I also understand that if that employee clocks in for more than 40 hrs / wk I must pay overtime. 
So the problem I've had is that some weeks we need to leave work undone to stay under 40 hrs, other weeks we are stressing to find work to keep everyone busy. My bids and hrly rate to clients cannot afford overtime rates. 
The result is that my guys were usually a little under 40 hrs and sometimes way under, on a slow week. 
I want to build a business where each employee is at least comefortable with their income. 
So far it hasn't worked well for me in practice. How have you been sucessful juggling customer demand vs employee income vs overtime vs bids/hrly rate paid by customers?


----------



## Inner10 (Mar 12, 2009)

Everend said:


> I've had employees before, 18months ago I downsized to working alone. I am developing a groth plan for hiring in the future (once I get some things figured out so I don't make the same mistakes again). One issue I have to solve is paying a livable wage for quality employees vs overtime.
> As I understand it, if I tell him when to show up, how to do the work, supply tools or pay hourly that person must be a W2 employee and not a 1099 sub.
> I also understand that if that employee clocks in for more than 40 hrs / wk I must pay overtime.
> So the problem I've had is that some weeks we need to leave work undone to stay under 40 hrs, other weeks we are stressing to find work to keep everyone busy.

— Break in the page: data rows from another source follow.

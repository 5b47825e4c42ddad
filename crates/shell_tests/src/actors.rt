ghost use Rattle.std.specs.Prelude.{◌≡◌, ◌≤◌, length, IfOk};
ghost use Rattle.std.specs.List.{All};
ghost use Rattle.shot_board.specs.Showers.{shown_by, most_by};
ghost use Rattle.station.specs.Passes.{IsStationPass};
ghost use Rattle.session.specs.Seats.{IsDrawLine, IsEditorSeat, IsReaderSeat};

use crate::meeting::Meeting;
use carousel_world::Downlink;
use cycle_planner::{GREATEST_ID, Weigh};
use open_history::ReaderPass;
use path_resolver::Shot;
use path_tree::Path;
use session::{CommitLine, DrawLine, EditorSeat, FeederSeat, ReaderSeat, run_actors};
use shot_board::{Shower, Viewer, board};
use station::{Pass, Station};
use std::alloc::Global;
use std::sync::Wait;
use std::test::Fail;
use std::thread::Threads;

/// One of the passes.
fn next_pass(station: &Station, passes: &mut Vec<Pass>) -> Result<Pass, Fail>
    requires { All (IsStationPass station.now) passes.old.items }
    ensures pass { IfOk result (IsStationPass station.now) }
    ensures rest { All (IsStationPass station.now) passes.new.items }
{
    match passes.pop() {
        Some(pass) => Ok(pass),
        None => Err(Fail::from("no pass")),
    }
}

/// An editor with two commits that change nothing, the first after two more lines.
fn editor_seat(
    alloc: Global,
    station: &Station,
    number: u32,
    pass: Pass,
) -> Result<EditorSeat, Fail>
    requires { IsStationPass station.now pass }
    ensures { IfOk result (IsEditorSeat station.now) }
{
    let mut commits = Vec::new(alloc);
    for lines in [3, 1] {
        commits.push(CommitLine {
            lines,
            edits: Vec::new(alloc),
        })?;
    }
    Ok(EditorSeat {
        number,
        pass,
        commits,
        rest: 0,
        whole: false,
    })
}

/// The feeder with one draw.
fn feeder_seat(alloc: Global, station: &Station, pass: Pass) -> Result<FeederSeat, Fail>
    requires { IsStationPass station.now pass }
    ensures pass { IfOk result (λ seat. IsStationPass station.now seat.pass) }
    ensures draws { IfOk result (λ seat.
        All IsDrawLine seat.draws.items × (length seat.draws.items ≡ 1)) }
{
    let mut draws = Vec::new(alloc);
    draws.push(DrawLine {
        asked: 5,
        fates: Vec::new(alloc),
    })?;
    Ok(FeederSeat {
        pass,
        downlink: Downlink::new(alloc, 256)?,
        draws,
        fates: Vec::new(alloc),
        whole: false,
    })
}

/// A reader who opens the root.
fn reader_seat(
    alloc: Global,
    number: u32,
    viewers: &mut Vec<Viewer<Shot>>,
) -> Result<ReaderSeat, Fail>
    ensures { IfOk result IsReaderSeat }
{
    let Some(viewer) = viewers.pop() else {
        return Err(Fail::from("no viewer"));
    };
    let Ok(pass) = ReaderPass::new(alloc, number, viewer, 1) else {
        return Err(Fail::from("no memory for a reader"));
    };
    let mut paths = Vec::new(alloc);
    paths.push(Path::parse(alloc, b"/")?)?;
    Ok(ReaderSeat {
        pass,
        paths,
        finales: Vec::new(alloc),
        whole: false,
    })
}

fn all_edited(editors: &[EditorSeat]) -> bool {
    editors.iter().all(|seat| seat.whole)
}

fn all_read(readers: &[ReaderSeat]) -> bool {
    readers.iter().all(|seat| seat.whole)
}

/// Two editors, the feeder and two readers at once; each module weighs 1. Answers whether all are
/// whole.
fn meet<R: Threads + Wait + Sync>(
    rt: &R,
    alloc: Global,
    gate: &Meeting,
    shower: &mut Shower<Shot>,
    mut viewers: Vec<Viewer<Shot>>,
) -> Result<bool, Fail>
    requires { length (shown_by shower.old) ≤ most_by shower.old }
{
    let call = Box::new(
        alloc,
        |_id: u16| -> u8
            ensures { result ≡ 1 }
        { 1 },
    )?;
    let weigh = Weigh::new([1; GREATEST_ID], call);
    let (station, mut passes) = Station::new(alloc, 2, 7, weigh)?;
    let mut feeder = feeder_seat(alloc, &station, next_pass(&station, &mut passes)?)?;
    let second = editor_seat(alloc, &station, 2, next_pass(&station, &mut passes)?)?;
    let first = editor_seat(alloc, &station, 1, next_pass(&station, &mut passes)?)?;
    let mut editors = [first, second];
    let mut readers = [
        reader_seat(alloc, 1, &mut viewers)?,
        reader_seat(alloc, 2, &mut viewers)?,
    ];
    run_actors(
        rt,
        alloc,
        &station,
        gate,
        &mut editors,
        shower,
        &mut feeder,
        &mut readers,
    );
    Ok(feeder.whole && all_edited(&editors) && all_read(&readers))
}

#[test]
fn all_actors_are_at_work_at_once(rt: HostRuntime) -> Result<(), Fail> {
    let alloc = rt.alloc();
    let gate = Meeting::new();
    let first = Downlink::new(alloc, 256)?.shot(0, 0)?;
    let (mut shower, viewers) = board(&rt, alloc, first, 2, 1)?;
    let met = meet(&rt, alloc, &gate, &mut shower, viewers);
    let last = shower.front().number();
    shower.close(&rt);
    assert!(rt; met?);
    assert!(rt; last == 1);
    assert!(rt; gate.actors() == 5);
    assert!(rt; gate.workers() == (1, 1));
    assert!(rt; gate.late() == 0);
    Ok(())
}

My bids and hrly rate to clients cannot afford overtime rates.
> ...


I just pay time and a half overtime for anything over...alternatively you could have them bank their hours and payout on a slow week.


----------



## Everend (Jun 11, 2010)

I didn't think banking hours is legal


----------



## Warren (Feb 19, 2005)

Inner10 said:


> I just pay time and a half overtime for anything over...alternatively you could have them bank their hours and payout on a slow week.


No you can't. Where I use to work, this was done voluntarily, and eventually someone contacted Federal Wage and Hour. They ended up paying thousands of dollars in past due overtime.


----------



## Warren (Feb 19, 2005)

We have been pretty successful just working guys 8 hours a day, five days a week. Occasionally, an extra hour or two of overtime is not a huge financial issue. There are also times that a customer has paid an additional cost to have people work overtime to speed up the job. Yes there are weeks that are under forty hours due to schedule, weather, etc. Pay your guys a decent wage, and a few hours over/under here and there are no big deal.


----------



## Everend (Jun 11, 2010)

I should point out that my business is mostly smaller jobs for homeowners or property managers at occupied residences. This means we may have several jobs in one day that need to be scheduled days in advance. So if something doesn't go to plan, the schedule suffers, most often cutting hrs short or going into overtime to finish. 
If a customer cancles I had to scramble to try to fill hrs. 
Working alone this is not a problem since I am happy to have a little extra time with my family on some days or work late on others. Overtime pay never comes into it since it does average out over several weeks. I keep a little retained earnings in savings so the money averages out. The problem is with employees, the govt won't let us avg out over several weeks.


----------



## Warren (Feb 19, 2005)

This is the conundrum. If you want to expand, you will probably need to seek out better paying jobs. This will allow you some flexibility in paying someone a higher wage to negate the hours missed. Start with one guy and see how it goes. Tel him that you expect that he will average about 35 hours per week over a 3 month period. After that, reevaluate and see how things stand. It has been preached here many times. Having more guys does not always equal greater profitability.


----------



## Everend (Jun 11, 2010)

I'm well aware more guys doesn't mean more profit. I've made more as a one-man-show than before. The problem is that it is not a long term plan (at least not for me). I'm more of a business kind of guy than a field craftsman. I can and like doing the field work, but my mind is always looking to the future. I am going to continue working alone until I find solutions to the problems I had last time. It will take some time, maybe years to get the plan right, but my brain won't let me stop working on them. 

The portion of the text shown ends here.